═══ DATA SECTION

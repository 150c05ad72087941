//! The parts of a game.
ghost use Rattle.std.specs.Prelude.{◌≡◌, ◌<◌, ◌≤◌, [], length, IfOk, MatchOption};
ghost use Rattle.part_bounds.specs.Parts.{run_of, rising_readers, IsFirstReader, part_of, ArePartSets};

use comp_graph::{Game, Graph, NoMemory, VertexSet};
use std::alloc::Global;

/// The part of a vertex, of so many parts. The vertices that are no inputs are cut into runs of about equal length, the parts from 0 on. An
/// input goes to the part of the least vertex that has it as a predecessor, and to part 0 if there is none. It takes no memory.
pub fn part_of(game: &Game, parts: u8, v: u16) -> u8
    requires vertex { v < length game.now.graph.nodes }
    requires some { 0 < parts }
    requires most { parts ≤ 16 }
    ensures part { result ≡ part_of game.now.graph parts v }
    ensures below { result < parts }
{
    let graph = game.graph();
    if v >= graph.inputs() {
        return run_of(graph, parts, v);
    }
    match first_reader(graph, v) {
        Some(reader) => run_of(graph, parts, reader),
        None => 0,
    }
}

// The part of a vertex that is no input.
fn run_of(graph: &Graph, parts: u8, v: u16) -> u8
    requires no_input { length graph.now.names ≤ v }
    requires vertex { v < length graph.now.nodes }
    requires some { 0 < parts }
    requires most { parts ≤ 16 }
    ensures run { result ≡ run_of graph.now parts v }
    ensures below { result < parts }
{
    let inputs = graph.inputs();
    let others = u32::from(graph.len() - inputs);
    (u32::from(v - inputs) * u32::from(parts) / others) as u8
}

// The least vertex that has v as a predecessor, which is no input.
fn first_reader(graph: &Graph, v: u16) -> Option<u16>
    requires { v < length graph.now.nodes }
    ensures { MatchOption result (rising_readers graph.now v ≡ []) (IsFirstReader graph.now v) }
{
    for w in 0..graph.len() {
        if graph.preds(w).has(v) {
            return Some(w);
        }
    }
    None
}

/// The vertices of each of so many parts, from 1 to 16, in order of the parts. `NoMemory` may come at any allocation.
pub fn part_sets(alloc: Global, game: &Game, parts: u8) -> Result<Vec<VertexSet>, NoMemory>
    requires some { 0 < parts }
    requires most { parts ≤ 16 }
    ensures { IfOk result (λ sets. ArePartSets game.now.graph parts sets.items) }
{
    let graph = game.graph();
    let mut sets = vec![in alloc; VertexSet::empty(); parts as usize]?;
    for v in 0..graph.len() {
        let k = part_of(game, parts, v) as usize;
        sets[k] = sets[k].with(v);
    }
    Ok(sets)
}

══════

PROBLEM TO SOLVE
Your reply must be the entries above, returned word for word.

TASK OUTPUT
repository 150c05ad72087941
//! The parts of a game.
ghost use Rattle.std.specs.Prelude.{◌≡◌, ◌<◌, ◌≤◌, [], length, IfOk, MatchOption};
ghost use Rattle.part_bounds.specs.Parts.{run_of, rising_readers, IsFirstReader, part_of, ArePartSets};

use comp_graph::{Game, Graph, NoMemory, VertexSet};
use std::alloc::Global;

/// The part of a vertex, of so many parts. The vertices that are no inputs are cut into runs of about equal length, the parts from 0 on. An
/// input goes to the part of the least vertex that has it as a predecessor, and to part 0 if there is none. It takes no memory.
pub fn part_of(game: &Game, parts: u8, v: u16) -> u8
    requires vertex { v < length game.now.graph.nodes }
    requires some { 0 < parts }
    requires most { parts ≤ 16 }
    ensures part { result ≡ part_of game.now.graph parts v }
    ensures below { result < parts }
{
    let graph = game.graph();
    if v >= graph.inputs() {
        return run_of(graph, parts, v);
    }
    match first_reader(graph, v) {
        Some(reader) => run_of(graph, parts, reader),
        None => 0,
    }
}

// The part of a vertex that is no input.
fn run_of(graph: &Graph, parts: u8, v: u16) -> u8
    requires no_input { length graph.now.names ≤ v }
    requires vertex { v < length graph.now.nodes }
    requires some { 0 < parts }
    requires most { parts ≤ 16 }
    ensures run { result ≡ run_of graph.now parts v }
    ensures below { result < parts }
{
    let inputs = graph.inputs();
    let others = u32::from(graph.len() - inputs);
    (u32::from(v - inputs) * u32::from(parts) / others) as u8
}

// The least vertex that has v as a predecessor, which is no input.
fn first_reader(graph: &Graph, v: u16) -> Option<u16>
    requires { v < length graph.now.nodes }
    ensures { MatchOption result (rising_readers graph.now v ≡ []) (IsFirstReader graph.now v) }
{
    for w in 0..graph.len() {
        if graph.preds(w).has(v) {
            return Some(w);
        }
    }
    None
}

/// The vertices of each of so many parts, from 1 to 16, in order of the parts. `NoMemory` may come at any allocation.
pub fn part_sets(alloc: Global, game: &Game, parts: u8) -> Result<Vec<VertexSet>, NoMemory>
    requires some { 0 < parts }
    requires most { parts ≤ 16 }
    ensures { IfOk result (λ sets. ArePartSets game.now.graph parts sets.items) }
{
    let graph = game.graph();
    let mut sets = vec![in alloc; VertexSet::empty(); parts as usize]?;
    for v in 0..graph.len() {
        let k = part_of(game, parts, v) as usize;
        sets[k] = sets[k].with(v);
    }
    Ok(sets)
}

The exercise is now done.